[[ Excerpted records, beginning ]]

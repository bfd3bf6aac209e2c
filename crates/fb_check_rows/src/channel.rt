//! The rows CHANNEL of a certificate against the channels that a system names.

ghost use Rattle.std.specs.Prelude.{◌≡◌, ◌++◌, IfOk, IfErr, OnOk, MatchResult};
ghost use Rattle.std.specs.List.{AllByRecursion, flat_map};
ghost use Rattle.fb_model.specs.Wires.{Serviced};
ghost use Rattle.fb_model.specs.Certificates.{channel_in};
ghost use Rattle.fb_cert.specs.Views.{rows_of};
ghost use Rattle.fb_flat.specs.Leaves.{kind_of};
ghost use Rattle.fb_types_services.specs.Views.{service_of};
ghost use Rattle.fb_check_rows.specs.Channels.{leaf_channels, resource_channels, device_channels, channels_named, HasChannel, IsNamed, MissesChannel, KnowsNot, channels_due, HaveSameChannels, IsOtherChannel};

use fb_cert::Certificate;
use fb_faults::RowFault;
use fb_flat::{Body, Flat, FlatDevice, FlatResource, Leaf};
use fb_types_services::Service;
use std::alloc::{AllocError, Global};

// The channel of a PUBLISH or SUBSCRIBE.
fn served_channel(service: &Service) -> Option<u16>
    ensures { result ≡ channel_in (Serviced (service_of service.now)) }
{
    match service {
        Service::Publish(channel, _) | Service::Subscribe(channel, _) => Some(channel.number),
        Service::Input(_, _) | Service::Output(_, _) => None,
        Service::Delay | Service::Cycle | Service::Restart => None,
    }
}

/// The channel of a leaf, if it is a PUBLISH or SUBSCRIBE.
pub fn channel_of(leaf: &Leaf) -> Option<u16>
    ensures { result ≡ channel_in (kind_of leaf.now.body) }
{
    match &leaf.body {
        Body::Basic(_) => None,
        Body::Served(service) => served_channel(service),
    }
}

// Adds the channel of a leaf, if it has one.
fn add_leaf(leaf: &Leaf, numbers: &mut Vec<u16>) -> Result<(), AllocError>
    ensures { OnOk result (numbers.new.items ≡ numbers.old.items ++ leaf_channels leaf.now) }
{
    match channel_of(leaf) {
        Some(number) => Ok(numbers.push(number)?),
        None => Ok(()),
    }
}

// Adds the channels of a resource.
fn add_resource(resource: &FlatResource, numbers: &mut Vec<u16>) -> Result<(), AllocError>
    ensures { OnOk result (numbers.new.items ≡ numbers.old.items ++ resource_channels resource.now) }
{
    for leaf in &resource.leaves {
        add_leaf(leaf, numbers)?;
    }
    Ok(())
}

// Adds the channels of a device.
fn add_device(device: &FlatDevice, numbers: &mut Vec<u16>) -> Result<(), AllocError>
    ensures { OnOk result (numbers.new.items ≡ numbers.old.items ++ device_channels device.now) }
{
    for resource in &device.resources {
        add_resource(resource, numbers)?;
    }
    Ok(())
}

// The channel of each PUBLISH and SUBSCRIBE.
fn channels(alloc: Global, flat: &Flat) -> Result<Vec<u16>, AllocError>
    ensures { IfOk result (λ v. v.items ≡ channels_named flat.now.devices.items) }
{
    let mut numbers = Vec::new(alloc);
    for device in &flat.devices {
        add_device(device, &mut numbers)?;
    }
    Ok(numbers)
}

// Each of these channels has a row.
fn none_missing(numbers: &[u16], certificate: &Certificate) -> Result<(), RowFault>
    ensures { MatchResult result (λ u. AllByRecursion (HasChannel (rows_of certificate.now)) numbers.now) (MissesChannel numbers.now (rows_of certificate.now)) }
{
    for number in numbers {
        if certificate.channel(*number).is_none() {
            return Err(RowFault::MissingChannel(*number));
        }
    }
    Ok(())
}

// Each row is of one of these channels.
fn none_unknown(numbers: &[u16], certificate: &Certificate) -> Result<(), RowFault>
    ensures { MatchResult result (λ u. AllByRecursion (IsNamed numbers.now) (rows_of certificate.now).channels) (KnowsNot numbers.now (rows_of certificate.now)) }
{
    for index in 0..certificate.channel_count() {
        let Some((number, _)) = certificate.channel_at(index) else {
            return Ok(());
        };
        if !numbers.contains(&number) {
            return Err(RowFault::UnknownChannel(number));
        }
    }
    Ok(())
}

// The channels that must have rows: those of each PUBLISH and SUBSCRIBE where there is a row REPEATS, and else none.
fn due(alloc: Global, flat: &Flat, certificate: &Certificate) -> Result<Vec<u16>, AllocError>
    ensures { IfOk result (λ v. v.items ≡ channels_due (rows_of certificate.now).repeats flat.now.devices.items) }
{
    match certificate.repeats() {
        Some(_) => channels(alloc, flat),
        None => Ok(Vec::new(alloc)),
    }
}

/// With a row REPEATS there is a row of each channel that the system names, and else there is none.
pub(crate) fn channels_match(
    alloc: Global,
    flat: &Flat,
    certificate: &Certificate,
) -> Result<(), RowFault>
    ensures same { OnOk result (HaveSameChannels flat.now.devices.items (rows_of certificate.now)) }
    ensures refused { IfErr result (IsOtherChannel flat.now.devices.items (rows_of certificate.now)) }
{
    let numbers = due(alloc, flat, certificate)?;
    none_missing(numbers.as_slice(), certificate)?;
    none_unknown(numbers.as_slice(), certificate)
}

[[ Excerpted records, end ]]

Whenever the string "specs" shows up in a line of the entries, copy that line.

Exercise result:
ghost use Rattle.std.specs.Prelude.{◌≡◌, ◌++◌, IfOk, IfErr, OnOk, MatchResult};
ghost use Rattle.std.specs.List.{AllByRecursion, flat_map};
ghost use Rattle.fb_model.specs.Wires.{Serviced};
ghost use Rattle.fb_model.specs.Certificates.{channel_in};
ghost use Rattle.fb_cert.specs.Views.{rows_of};
ghost use Rattle.fb_flat.specs.Leaves.{kind_of};
ghost use Rattle.fb_types_services.specs.Views.{service_of};
ghost use Rattle.fb_check_rows.specs.Channels.{leaf_channels, resource_channels, device_channels, channels_named, HasChannel, IsNamed, MissesChannel, KnowsNot, channels_due, HaveSameChannels, IsOtherChannel};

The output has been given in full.